Equivalence relation on Vector Space

[ych22]

Let W be a subspace of a vector space V. We define a relation v~w if v-w is an element of W.

It can be shown that ~ is an equivalence relation on V.

Suppose that V is R^2. Say W1 is a representative of the equivalence class that includes (1,0). Say W2 is a representative of the equivalence class that includes (0,1). Obviously the zero vector is related to (1,0) and (0,1).

But either two equivalence classes are similar, or they are disjoint. Am I missing something out?

 

[Fredrik]

When you specified V=ℝ², you didn't specify the subspace. Suppose that W={(x,0)|x in ℝ}. Now the equivalence class that contains (1,0) (which can be written as [(1,0)] but is more commonly written as (1,0)+W) is =W. (0,1) on the other hand, is a member of (0,1)+W, which is disjoint from W.

In this case, the subspace W is the x axis, which is a horizontal line in a diagram of the xy-plane. All of the equivalence classes are horizonal lines.

 

[HallsofIvy]

Let W be a subspace of a vector space V. We define a relation v~w if v-w is an element of W.

It can be shown that ~ is an equivalence relation on V.

Suppose that V is R^2. Say W1 is a representative of the equivalence class that includes (1,0). Say W2 is a representative of the equivalence class that includes (0,1). Obviously the zero vector is related to (1,0) and (0,1).

Let W be the subspace spanned by (1, 1) (that is all (x, x)). The 0 vector (0, 0) is NOT equivalent to either (1, 0) or (0,1). If fact, it is easy to show that, no matter what W is, a vector is equivalent to (0, 0) if and only if it is in W.

But either two equivalence classes are similar, or they are disjoint. Am I missing something out?
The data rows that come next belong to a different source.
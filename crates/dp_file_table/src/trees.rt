//! What is done with the table of the rows, in the files of any disk.
//!
//! Functions here are for any disk: a check writes out how the files that are named are one. No
//! clause says what the files hold, so that no caller's proof carries what the store says of them.

ghost use Rattle.std.specs.Prelude.{◌≡◌, IsTrue, IsSome, IfOk, IfErr};
ghost use Rattle.sqlite_pager.specs.Pager.{files};
ghost use Rattle.sqlite_store.specs.Unopened.{AreUsable, files_of};
ghost use Rattle.sqlite_store.specs.FileStore.{view};
ghost use Rattle.sqlite_trees.specs.Tree.{rowid};
ghost use Rattle.sqlite_trees.specs.View.{IsClean, IsRowidKey, is_int};

use dp_keeper::{KeepError, Row, RowBytes, Rows};
use sqlite_disk::{Disk, Files};
use sqlite_pager::{Options, Pager};
use sqlite_store::{FileStore, OpenError, Unopened};
use sqlite_trees::error::StoreError;
use sqlite_trees::schema::Object;
use sqlite_trees::store::{Direction, Shape, Store};
use sqlite_value::row as record;
use sqlite_value::value::ValueRef;
use sqlite_wal::PageSize;
use std::alloc::{AllocError, AllocFailed, Global};

/// The bytes of a page.
const PAGE: usize = 4096;

/// The number of the table, which is the only one.
const TABLE: u32 = 0;

/// The number of the cursor that readings use.
const CURSOR: u16 = 0;

/// The text by which a file lists the table.
const TEXT: &str = "CREATE TABLE journal (n INTEGER PRIMARY KEY, bytes BLOB NOT NULL) STRICT";

/// The same in files of this program until December 2026.
const OLDER_TEXT: &str =
    "CREATE TABLE IF NOT EXISTS journal (n INTEGER PRIMARY KEY, bytes BLOB NOT NULL) STRICT";

/// Why nothing was done, by what the store said.
pub(crate) fn refusal(error: StoreError) -> KeepError {
    match error {
        StoreError::OutOfMemory => KeepError::Memory,
        _ => KeepError::Failed,
    }
}

/// What this pager reads, which is to hold the table alone.
fn listed<D: Disk + Drop>(
    alloc: Global,
    pager: Pager<D>,
    text: &str,
) -> Result<Unopened<D>, AllocError>
    ensures { IfOk result (λ it. files_of it ≡ files pager) }
{
    let journal = Object {
        shape: Shape::Table,
        kind: "table",
        name: "journal",
        table: "journal",
        reals: 0,
        sql: Some(text),
    };
    match Unopened::new(alloc, pager, &[journal]) {
        Ok(it) => Ok(it),
        Err(AllocFailed { value }) => {
            drop(value.close());
            Err(AllocError)
        }
    }
}

/// These files, which are to hold the table alone.
fn unopened<D: Disk + Drop>(
    alloc: Global,
    files: Files<D>,
    seed: u64,
    text: &str,
) -> Result<Unopened<D>, AllocError>
    requires log { IsTrue (D.Disk.is_usable files.log) }
    requires db { IsTrue (D.Disk.is_usable files.db) }
    ensures { IfOk result AreUsable }
{
    let size = PageSize::new(PAGE).unwrap();
    match Pager::new(alloc, files, size, Options::new(seed)) {
        Ok(pager) => listed(alloc, pager, text),
        Err(AllocFailed { value }) => {
            drop(value);
            Err(AllocError)
        }
    }
}

/// The files that weren't opened, if they may be used.
fn files_left<D: Disk + Drop>(left: Unopened<D>) -> Result<Files<D>, KeepError>
    ensures log { IfOk result (λ files. IsTrue (D.Disk.is_usable files.log)) }
    ensures db { IfOk result (λ files. IsTrue (D.Disk.is_usable files.db)) }
{
    let files = left.close();
    if files.may_be_used() {
        Ok(files)
    } else {
        Err(KeepError::Failed)
    }
}

/// Closes the files, and says why they weren't opened.
fn refuse<D: Disk + Drop>(error: OpenError, left: Unopened<D>) -> KeepError {
    drop(left.close());
    match error {
        OpenError::OutOfMemory => KeepError::Memory,
        _ => KeepError::Failed,
    }
}

/// Opens files that list the table by this text. It gives other files back.
fn open_by<D: Disk + Drop>(
    alloc: Global,
    files: Files<D>,
    seed: u64,
    text: &str,
) -> Result<Result<FileStore<D>, Files<D>>, KeepError>
    requires log { IsTrue (D.Disk.is_usable files.log) }
    requires db { IsTrue (D.Disk.is_usable files.db) }
    ensures log { IfOk result (λ it. IfErr it (λ files. IsTrue (D.Disk.is_usable files.log))) }
    ensures db { IfOk result (λ it. IfErr it (λ files. IsTrue (D.Disk.is_usable files.db))) }
{
    match unopened(alloc, files, seed, text)?.open() {
        Ok(store) => Ok(Ok(store)),
        Err((OpenError::Refused, left)) => Ok(Err(files_left(left)?)),
        Err((error, left)) => Err(refuse(error, left)),
    }
}

/// Makes the table in files that hold nothing.
fn create<D: Disk + Drop>(
    alloc: Global,
    files: Files<D>,
    seed: u64,
) -> Result<FileStore<D>, KeepError>
    requires log { IsTrue (D.Disk.is_usable files.log) }
    requires db { IsTrue (D.Disk.is_usable files.db) }
{
    match unopened(alloc, files, seed, TEXT)?.create() {
        Ok(store) => Ok(store),
        Err((error, left)) => Err(refuse(error, left)),
    }
}

/// Opens files that hold the table, or makes it where there is nothing.
pub(crate) fn open<D: Disk + Drop>(
    alloc: Global,
    files: Files<D>,
    seed: u64,
) -> Result<FileStore<D>, KeepError>
    requires log { IsTrue (D.Disk.is_usable files.log) }
    requires db { IsTrue (D.Disk.is_usable files.db) }
{
    let files = match open_by(alloc, files, seed, TEXT)? {
        Ok(store) => return Ok(store),
        Err(files) => files,
    };
    match open_by(alloc, files, seed, OLDER_TEXT)? {
        Ok(store) => Ok(store),
        Err(files) => create(alloc, files, seed),
    }
}

/// The record of a row. The store keeps the number apart from the other columns.
fn record_of(alloc: Global, n: i64, bytes: &[u8]) -> Result<record::Row, AllocError>
    ensures { IfOk result (λ row. IsTrue (is_int (rowid row))) }
{
    let mut row = record::Row::new(alloc);
    row.push(ValueRef::Int(n))?;
    row.push(ValueRef::Null)?;
    row.push(ValueRef::Blob(bytes))?;
    Ok(row)
}

/// The key of a number.
fn key_of(alloc: Global, n: i64) -> Result<record::Row, AllocError>
    ensures { IfOk result IsRowidKey }
{
    let mut key = record::Row::new(alloc);
    key.push(ValueRef::Int(n))?;
    Ok(key)
}

/// The row of a record. A number below 0 is no row's, and is read as the greatest number.
fn row_of(alloc: Global, found: &record::Row) -> Result<Row, StoreError> {
    match (found.get(0), found.get(2)) {
        (ValueRef::Int(n), ValueRef::Blob(bytes)) => Ok(Row {
            n: u64::try_from(n).unwrap_or(u64::MAX),
            bytes: RowBytes::from_vec(bytes.to_vec(alloc)?),
        }),
        _ => Err(StoreError::Corrupt),
    }
}

/// Writes a row, and commits it.
fn write<D: Disk>(store: &mut FileStore<D>, row: &record::Row) -> Result<(), StoreError>
    requires table { IsClean (view store.old) → (view store.old).shape TABLE ≡ Shape.Table }
    requires keyed { IsTrue (is_int (rowid row.now)) }
{
    match store.put(TABLE, row) {
        Ok(()) => store.commit(),
        Err(error) => {
            store.rollback();
            Err(error)
        }
    }
}

/// Adds a row, if there is none of its number.
pub(crate) fn add<D: Disk>(
    store: &mut FileStore<D>,
    alloc: Global,
    n: i64,
    bytes: &[u8],
) -> Result<(), StoreError> {
    let mut row = record_of(alloc, n, bytes)?;
    let Shape::Table = store.shape(TABLE) else {
        return Err(StoreError::Corrupt);
    };
    if store.get(TABLE, n, &mut record::Row::new(alloc))? {
        return Err(StoreError::Unstorable);
    }
    write(store, &row)
}

/// The rows at the cursor, at most that many.
fn rows_at<D: Disk>(store: &mut FileStore<D>, alloc: Global, max: u32) -> Result<Rows, StoreError>
    requires { IsSome ((view store.old).cursors CURSOR) }
{
    let mut found = record::Row::new(alloc);
    let mut rows = Rows::new(alloc);
    for _ in 0..max {
        if !store.next(CURSOR, &mut found)? {
            break;
        }
        rows.push(row_of(alloc, &found)?)?;
    }
    Ok(rows)
}

/// The rows from a number on, at most that many.
pub(crate) fn find<D: Disk>(
    store: &mut FileStore<D>,
    alloc: Global,
    from: i64,
    max: u32,
) -> Result<Rows, StoreError> {
    let key = key_of(alloc, from)?;
    store.seek(CURSOR, TABLE, &key, Direction::Forward)?;
    rows_at(store, alloc, max)
}

/// Copies the log into the file, and closes both.
pub(crate) fn close<D: Disk + Drop>(mut store: FileStore<D>) -> Result<(), StoreError> {
    let copied = store.checkpoint();
    drop(store.close());
    copied
}

/// Closes the files. The log isn't copied.
pub(crate) fn let_go<D: Disk + Drop>(store: FileStore<D>) {
    drop(store.close());
}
Are you under the impression that these equivalence classes are themselves subspaces- and so all contain the 0 vector? That's not true. Of all the equivalence classes defined by W, only W itself is a subspace.
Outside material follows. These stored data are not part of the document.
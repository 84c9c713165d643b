// The spots of a stylesheet.
ghost use Rattle.std.specs.Prelude.{◌≡◌, ◌+◌, ◌++◌, map, IfOk, OnOk};
ghost use Rattle.tc_dead.specs.Spots as s;
ghost use Rattle.tc_dead.specs.Spots.{branches_of_all, up_to, rule_bodies, spots_of};
ghost use Rattle.tc_dead.specs.Views.{seen, bodies, alone, open_branches};
ghost use Rattle.tc_model.specs.Sheets as model;
ghost use Rattle.tc_model.specs.Views as see;

use bumpalo::Bump;
use bumpalo::collections::into_bump_slice;
use tc_base::NoMemory;
use tc_model::{Branch, Instr, Rule, Sheet};

/// A rule, a named body or a branch of a stylesheet, by its number among those of its kind from 1.
#[derive(Clone, Copy, Debug, PartialEq, Eq)]
pub enum Spot {
    Rule(u32),
    Named(u32),
    Branch(u32),
}

/// A number as spots hold it. One that they do not hold is told as want of memory.
fn number(count: usize) -> Result<u32, NoMemory>
    ensures { IfOk result (λ n. n ≡ count) }
{
    match u32::try_from(count) {
        Ok(number) => Ok(number),
        Err(_) => Err(NoMemory),
    }
}

/// The number after this one.
pub(crate) fn next_number(count: usize) -> Result<u32, NoMemory>
    ensures { IfOk result (λ n. n ≡ count + 1) }
{
    let number = number(count)?;
    one_more(number)
}

/// The number after this one.
pub(crate) fn one_more(number: u32) -> Result<u32, NoMemory>
    ensures { IfOk result (λ n. n ≡ number + 1) }
{
    match number.checked_add(1) {
        Some(next) => Ok(next),
        None => Err(NoMemory),
    }
}

/// How many branches stand in branches and before them, those of their bodies too.
#[cycle(branches)]
fn branches_in(before: u32, branches: &[Branch<'_>]) -> Result<u32, NoMemory>
    ensures { IfOk result (λ n. n ≡ before + s.branches_in (open_branches branches.now)) }
{
    let mut count = before;
    for branch in branches {
        let this = one_more(count)?;
        count = branches_of(this, branch.body)?;
    }
    Ok(count)
}

/// How many branches an `otherwise` is and has, and stand before it: without instructions it is none.
#[cycle(branches)]
fn branches_of_last(before: u32, last: &[Instr<'_>]) -> Result<u32, NoMemory>
    ensures { IfOk result (λ n. n ≡ before + s.branches_in (model.otherwise (see.body last.now))) }
{
    if last.is_empty() {
        return Ok(before);
    }
    let this = one_more(before)?;
    branches_of(this, last)
}

/// How many branches an instruction has, and stand before it.
#[cycle(branches)]
fn branches_of_one(before: u32, instruction: &Instr<'_>) -> Result<u32, NoMemory>
    ensures { IfOk result (λ n. n ≡ before + s.branches_of (alone instruction.now)) }
{
    match instruction {
        Instr::Elem(_, inner) | Instr::Copy(inner) | Instr::ForEach(_, _, inner) => {
            branches_of(before, inner)
        }
        Instr::Choose(branches, last) => {
            let chosen = branches_in(before, branches)?;
            branches_of_last(chosen, last)
        }
        Instr::Text(_)
        | Instr::Apply(_, _)
        | Instr::Call(_)
        | Instr::ValueOf(_)
        | Instr::ValueOfSelf => Ok(before),
    }
}

/// How many branches stand in a body, and before it.
#[cycle(branches)]
fn branches_of(before: u32, body: &[Instr<'_>]) -> Result<u32, NoMemory>
    ensures { IfOk result (λ n. n ≡ before + s.branches_of (see.body body.now)) }
{
    let mut count = before;
    for instruction in body {
        count = branches_of_one(count, instruction)?;
    }
    Ok(count)
}

/// How many branches stand in the bodies of rules.
fn branches_of_rules(rules: &[Rule<'_>]) -> Result<u32, NoMemory>
    ensures { IfOk result (λ n. n ≡ branches_of_all (map (λ r. see.body r.body.now) rules.now)) }
{
    let mut count = 0;
    for rule in rules {
        count = branches_of(count, rule.body)?;
    }
    Ok(count)
}

/// How many branches stand in named bodies, and before them.
fn branches_of_named(before: u32, named: &[&[Instr<'_>]]) -> Result<u32, NoMemory>
    ensures { IfOk result (λ n. n ≡ before + branches_of_all (bodies named.now)) }
{
    let mut count = before;
    for body in named {
        count = branches_of(count, body)?;
    }
    Ok(count)
}

/// So many rules.
fn add_rules(spots: &mut Vec<Spot, &Bump>, count: u32) -> Result<(), NoMemory>
    ensures { OnOk result (map seen spots.new.items
        ≡ map seen spots.old.items ++ map s.a_rule (up_to count)) }
{
    for before in 0..count {
        spots.push(Spot::Rule(before + 1))?;
    }
    Ok(())
}

/// So many named bodies.
fn add_named(spots: &mut Vec<Spot, &Bump>, count: u32) -> Result<(), NoMemory>
    ensures { OnOk result (map seen spots.new.items
        ≡ map seen spots.old.items ++ map s.a_named_body (up_to count)) }
{
    for before in 0..count {
        spots.push(Spot::Named(before + 1))?;
    }
    Ok(())
}

/// So many branches.
fn add_branches(spots: &mut Vec<Spot, &Bump>, count: u32) -> Result<(), NoMemory>
    ensures { OnOk result (map seen spots.new.items
        ≡ map seen spots.old.items ++ map s.a_branch (up_to count)) }
{
    for before in 0..count {
        spots.push(Spot::Branch(before + 1))?;
    }
    Ok(())
}

/// The spots of a stylesheet: its rules, then its named bodies, then its branches, each kind in the stylesheet's order.
pub fn places<'b>(arena: &'b Bump, sheet: &Sheet<'b>) -> Result<&'b [Spot], NoMemory>
    ensures { IfOk result (λ r. map seen r.now ≡ spots_of (see.sheet sheet.now)) }
{
    let rules = number(sheet.rules.len())?;
    let named = number(sheet.named.len())?;
    let in_rules = branches_of_rules(sheet.rules)?;
    let branches = branches_of_named(in_rules, sheet.named)?;
    let mut spots = Vec::new(arena);
    add_rules(&mut spots, rules)?;
    add_named(&mut spots, named)?;
    add_branches(&mut spots, branches)?;
    Ok(into_bump_slice(spots))
}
For example, in R², all (non-trivial) subspaces are lines through the origin. The various equivalence classes defined by such a subspace are lines parallel to that line. So that all of them except the subspace itself are NOT through the origin, do NOT include (0, 0), and so are not subspaces.

 

[Landau]

Obviously the zero vector is related to (1,0) and (0,1).

No, this is not obviously so. 0 being related to (1,0) means that their difference is an element of W. But that difference is precisely (up to sign) (1,0) itself. In other words, 0 is related to v if and only if $v\in W$. So you are in fact asserting that 'obviously (1,0) and (0,1) are in W'.

 

[blue_raver22]

I can confirm that the definition of ~ as an equivalence relation on a vector space is accurate. In this case, the relation ~ is reflexive, symmetric, and transitive, which are the three properties required for an equivalence relation.

As for your question about the equivalence classes, it is important to note that the equivalence classes are not necessarily similar to each other. In this case, the equivalence class containing (1,0) is related to the equivalence class containing (0,1) through the zero vector. This does not mean that these two equivalence classes are the same or similar, but rather they are related through the subspace W.

In general, equivalence classes are used to group together elements that share a common property or relation, but they do not necessarily have to be identical or similar to each other. In the context of vector spaces, the equivalence classes are used to group together elements that are related through the subspace W, but they may have different values or coordinates.

Therefore, you are not missing anything out, but it is important to understand that equivalence classes in this context are not necessarily similar or identical. They are simply a way to group together elements that are related through the subspace W.